Wherever "SchemaType" turns up in the entries, copy out the line that holds it.

Source data>
>>>>>

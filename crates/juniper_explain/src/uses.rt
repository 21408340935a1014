//! What the rules on variables, merging and introspection find, with their nodes where these are known: the third phase.

ghost use Rattle.std.specs.Prelude.{IfOk, OnOk};
ghost use Rattle.graphql_spec.specs.Documents as documents;
ghost use Rattle.juniper_schema.specs.SchemaView.{view_schema};
ghost use Rattle.juniper_explain.specs.Adding.{AddsAll, Explain, WhereMerged, WhereUsed};
ghost use Rattle.juniper_explain.specs.Nodes.{use_findings};

use crate::explanation::{Explanation, add_whole};
use crate::introspection::explain_introspection;
use crate::misused::explain_misused;
use crate::rule::Rule;
use crate::undefined::explain_undefined;
use juniper_rules::{ListedOnTypes, Surroundings, is_marked, used_by_each, uses_inside};
use juniper_schema::SchemaType;
use juniper_syntax::ScalarValue;
use juniper_type_rules::{Used, uses_of_fragments};
use juniper_written::FragmentsByName;
use std::alloc::{AllocError, Global};

/// Explains what the rules on variables, merging and introspection find in a document, of whose definitions this is listed,
/// with these fragments, and of whose definitions these have fields that cannot be merged. An error where memory is refused.
pub(crate) fn explain_uses<'d, 'a, S: ScalarValue>(
    alloc: Global,
    schema: &'d SchemaType<S>,
    listed: &[ListedOnTypes<'_, 'd, 'a, S>],
    fragments: &FragmentsByName<'d, 'a, S>,
    cannot_merge: &[bool],
    introspection_disabled: bool,
) -> Result<Vec<Explanation>, AllocError>
    ensures { IfOk result (λ es. (d : documents.Document) → WhereMerged S.shown (view_schema S.shown schema.now) listed.now fragments.now
        cannot_merge.now d (Explain es.items (use_findings (view_schema S.shown schema.now) introspection_disabled d) d)) }
{
    let used = used_by_each(alloc, schema, listed)?;
    let used_by_fragments = uses_of_fragments(alloc, &used, &fragments.spreads)?;
    let given = Surroundings {
        schema,
        used_by_fragments: &used_by_fragments,
        introspection_disabled,
    };
    let mut explanations = Vec::new(alloc);
    for index in 0..listed.len() {
        let one = &listed[index];
        let own = &used[index];
        let cannot_merge = is_marked(cannot_merge, index);
        explain_definition(
            alloc,
            &given,
            listed,
            fragments,
            one,
            own,
            cannot_merge,
            &mut explanations,
        )?;
    }
    Ok(explanations)
}

/// Explains what the rules on uses find at a definition, of which this is listed, and which uses these variables.
fn explain_definition<'r, 'u, 'p, 'l, 'd: 'r, 'a, S: ScalarValue>(
    alloc: Global,
    given: &Surroundings<'r, 'u, S>,
    document: &'p [ListedOnTypes<'l, 'd, 'a, S>],
    fragments: &FragmentsByName<'d, 'a, S>,
    one: &'p ListedOnTypes<'l, 'd, 'a, S>,
    own: &'r Used<'u>,
    cannot_merge: bool,
    explanations: &mut Vec<Explanation>,
) -> Result<(), AllocError>
    ensures { OnOk result (WhereUsed S.shown (view_schema S.shown given.now.schema.now) given.now.used_by_fragments.now document.now fragments.now
        one.now own.now cannot_merge (λ s d ds x.
        AddsAll explanations.old.items explanations.new.items (use_findings s given.now.introspection_disabled d ds x))) }
{
    let listed = one.listed;
    let definition = listed.definition;
    let inside = uses_inside(alloc, given, listed, own)?;
    explain_undefined(
        alloc,
        document,
        fragments,
        one,
        inside.undefined,
        explanations,
    )?;
    explain_misused(
        alloc,
        given.schema,
        document,
        fragments,
        one,
        inside.misused,
        explanations,
    )?;
    add_whole(
        alloc,
        explanations,
        cannot_merge,
        Rule::OverlappingFieldsCanBeMerged,
        definition,
    )?;
    explain_introspection(alloc, &listed.written, inside.looks_at_schema, explanations)
}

<<<<<

SOLVED PROBLEM>
use juniper_schema::SchemaType;
    schema: &'d SchemaType<S>,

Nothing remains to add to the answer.